> WHAT TO WORK ON: Set the entries below down again, please. Match them exactly.

+++ SOURCE DATA

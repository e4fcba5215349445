ghost use Rattle.std.specs.Prelude.{◌≡◌, ◌+◌, ◌<◌, ◌≤◌, ◌*◌, IfOk, sum};
ghost use Rattle.ug_gen.specs.Draws.{each};
ghost use Rattle.ug_gen.specs.Stated.{column, named, profit_term, row as stated_row, weight, weight_term};

use crate::draws::Draws;
use std::alloc::{AllocError, Global};
use ug_lists::{Items, Text};
use ug_problem::{Column, NamedRow};
use ug_rows::{Row, Term};

// A letter and a number.
fn name(alloc: Global, letter: u8, number: u32) -> Result<Text, AllocError>
    ensures { IfOk result (λ name. name ≡ named letter number) }
{
    let digits = number.to_string(alloc)?;
    let name = [&[letter], digits.as_bytes()].concat(alloc);
    drop(digits);
    match name {
        Ok(name) => Ok(Text::from_vec(name)),
        Err(error) => Err(error),
    }
}

/// The columns, each of which is taken or not.
#[tactic(auto, using(crate::proofs::Rules::each_more))]
pub fn columns(alloc: Global, size: u32) -> Result<Vec<Column>, AllocError>
    requires { size ≤ 40 }
    ensures { IfOk result (λ columns. columns.items ≡ each column size) }
{
    let mut columns = Vec::new(alloc);
    for j in 0..size {
        let name = name(alloc, b'C', j + 1)?;
        columns.push(Column {
            name,
            low: 0,
            high: 1,
        })?;
    }
    Ok(columns)
}

/// The profits, negated: what is maximised is kept as what is minimised.
#[tactic(auto, using(crate::proofs::Rules::each_more))]
pub fn profits(alloc: Global, draws: &Draws, size: u32) -> Result<Vec<Term>, AllocError>
    requires size { size ≤ 40 }
    requires drawn { 4 * size ≤ draws.now.count }
    ensures { IfOk result (λ terms. terms.items ≡ each (profit_term draws.now.seed) size) }
{
    let mut terms = Vec::new(alloc);
    for j in 0..size {
        terms.push(Term {
            column: j,
            factor: -i128::from(draws.profit(j)),
        })?;
    }
    Ok(terms)
}

// The weights of a row, counted from 1.
#[tactic(auto, using(crate::proofs::Rules::each_more))]
fn weights(alloc: Global, draws: &Draws, row: u32, size: u32) -> Result<Vec<Term>, AllocError>
    requires row { row ≤ 3 }
    requires size { size ≤ 40 }
    requires drawn { 4 * size ≤ draws.now.count }
    ensures { IfOk result (λ terms. terms.items ≡ each (weight_term draws.now.seed row) size) }
{
    let mut terms = Vec::new(alloc);
    for j in 0..size {
        terms.push(Term {
            column: j,
            factor: i128::from(draws.weight(row, j)),
        })?;
    }
    Ok(terms)
}

// The sum of the weights of a row, counted from 1.
#[tactic(auto, using(crate::proofs::Rules::each_more, crate::proofs::Rules::sum_more))]
fn total(draws: &Draws, row: u32, size: u32) -> u32
    requires row { row ≤ 3 }
    requires size { size ≤ 40 }
    requires drawn { 4 * size ≤ draws.now.count }
    ensures { result ≡ sum (each (weight draws.now.seed row) size) }
{
    let mut total = 0;
    for j in 0..size {
        total += draws.weight(row, j);
    }
    total
}

/// A row, counted from 1: at most half of all weights, rounded down.
pub fn row(alloc: Global, draws: &Draws, row: u32, size: u32) -> Result<NamedRow, AllocError>
    requires row { row ≤ 3 }
    requires size { size ≤ 40 }
    requires drawn { 4 * size ≤ draws.now.count }
    ensures { IfOk result (λ made. made ≡ stated_row draws.now.seed size row) }
{
    let terms = weights(alloc, draws, row, size)?;
    let most = total(draws, row, size) / 2;
    Ok(NamedRow {
        name: name(alloc, b'R', row)?,
        row: Row {
            terms: Items::from_vec(terms),
            low: None,
            high: Some(i128::from(most)),
        },
    })
}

++++++

> ANSWER TO THIS PROBLEM:
repository e4fcba5215349445
ghost use Rattle.std.specs.Prelude.{◌≡◌, ◌+◌, ◌<◌, ◌≤◌, ◌*◌, IfOk, sum};
ghost use Rattle.ug_gen.specs.Draws.{each};
ghost use Rattle.ug_gen.specs.Stated.{column, named, profit_term, row as stated_row, weight, weight_term};

use crate::draws::Draws;
use std::alloc::{AllocError, Global};
use ug_lists::{Items, Text};
use ug_problem::{Column, NamedRow};
use ug_rows::{Row, Term};

// A letter and a number.
fn name(alloc: Global, letter: u8, number: u32) -> Result<Text, AllocError>
    ensures { IfOk result (λ name. name ≡ named letter number) }
{
    let digits = number.to_string(alloc)?;
    let name = [&[letter], digits.as_bytes()].concat(alloc);
    drop(digits);
    match name {
        Ok(name) => Ok(Text::from_vec(name)),
        Err(error) => Err(error),
    }
}

/// The columns, each of which is taken or not.
#[tactic(auto, using(crate::proofs::Rules::each_more))]
pub fn columns(alloc: Global, size: u32) -> Result<Vec<Column>, AllocError>
    requires { size ≤ 40 }
    ensures { IfOk result (λ columns. columns.items ≡ each column size) }
{
    let mut columns = Vec::new(alloc);
    for j in 0..size {
        let name = name(alloc, b'C', j + 1)?;
        columns.push(Column {
            name,
            low: 0,
            high: 1,
        })?;
    }
    Ok(columns)
}

/// The profits, negated: what is maximised is kept as what is minimised.
#[tactic(auto, using(crate::proofs::Rules::each_more))]
pub fn profits(alloc: Global, draws: &Draws, size: u32) -> Result<Vec<Term>, AllocError>
    requires size { size ≤ 40 }
    requires drawn { 4 * size ≤ draws.now.count }
    ensures { IfOk result (λ terms. terms.items ≡ each (profit_term draws.now.seed) size) }
{
    let mut terms = Vec::new(alloc);
    for j in 0..size {
        terms.push(Term {
            column: j,
            factor: -i128::from(draws.profit(j)),
        })?;
    }
    Ok(terms)
}

// The weights of a row, counted from 1.
#[tactic(auto, using(crate::proofs::Rules::each_more))]
fn weights(alloc: Global, draws: &Draws, row: u32, size: u32) -> Result<Vec<Term>, AllocError>
    requires row { row ≤ 3 }
    requires size { size ≤ 40 }
    requires drawn { 4 * size ≤ draws.now.count }
    ensures { IfOk result (λ terms. terms.items ≡ each (weight_term draws.now.seed row) size) }
{
    let mut terms = Vec::new(alloc);
    for j in 0..size {
        terms.push(Term {
            column: j,
            factor: i128::from(draws.weight(row, j)),
        })?;
    }
    Ok(terms)
}

// The sum of the weights of a row, counted from 1.
#[tactic(auto, using(crate::proofs::Rules::each_more, crate::proofs::Rules::sum_more))]
fn total(draws: &Draws, row: u32, size: u32) -> u32
    requires row { row ≤ 3 }
    requires size { size ≤ 40 }
    requires drawn { 4 * size ≤ draws.now.count }
    ensures { result ≡ sum (each (weight draws.now.seed row) size) }
{
    let mut total = 0;
    for j in 0..size {
        total += draws.weight(row, j);
    }
    total
}

/// A row, counted from 1: at most half of all weights, rounded down.
pub fn row(alloc: Global, draws: &Draws, row: u32, size: u32) -> Result<NamedRow, AllocError>
    requires row { row ≤ 3 }
    requires size { size ≤ 40 }
    requires drawn { 4 * size ≤ draws.now.count }
    ensures { IfOk result (λ made. made ≡ stated_row draws.now.seed size row) }
{
    let terms = weights(alloc, draws, row, size)?;
    let most = total(draws, row, size) / 2;
    Ok(NamedRow {
        name: name(alloc, b'R', row)?,
        row: Row {
            terms: Items::from_vec(terms),
            low: None,
            high: Some(i128::from(most)),
        },
    })
}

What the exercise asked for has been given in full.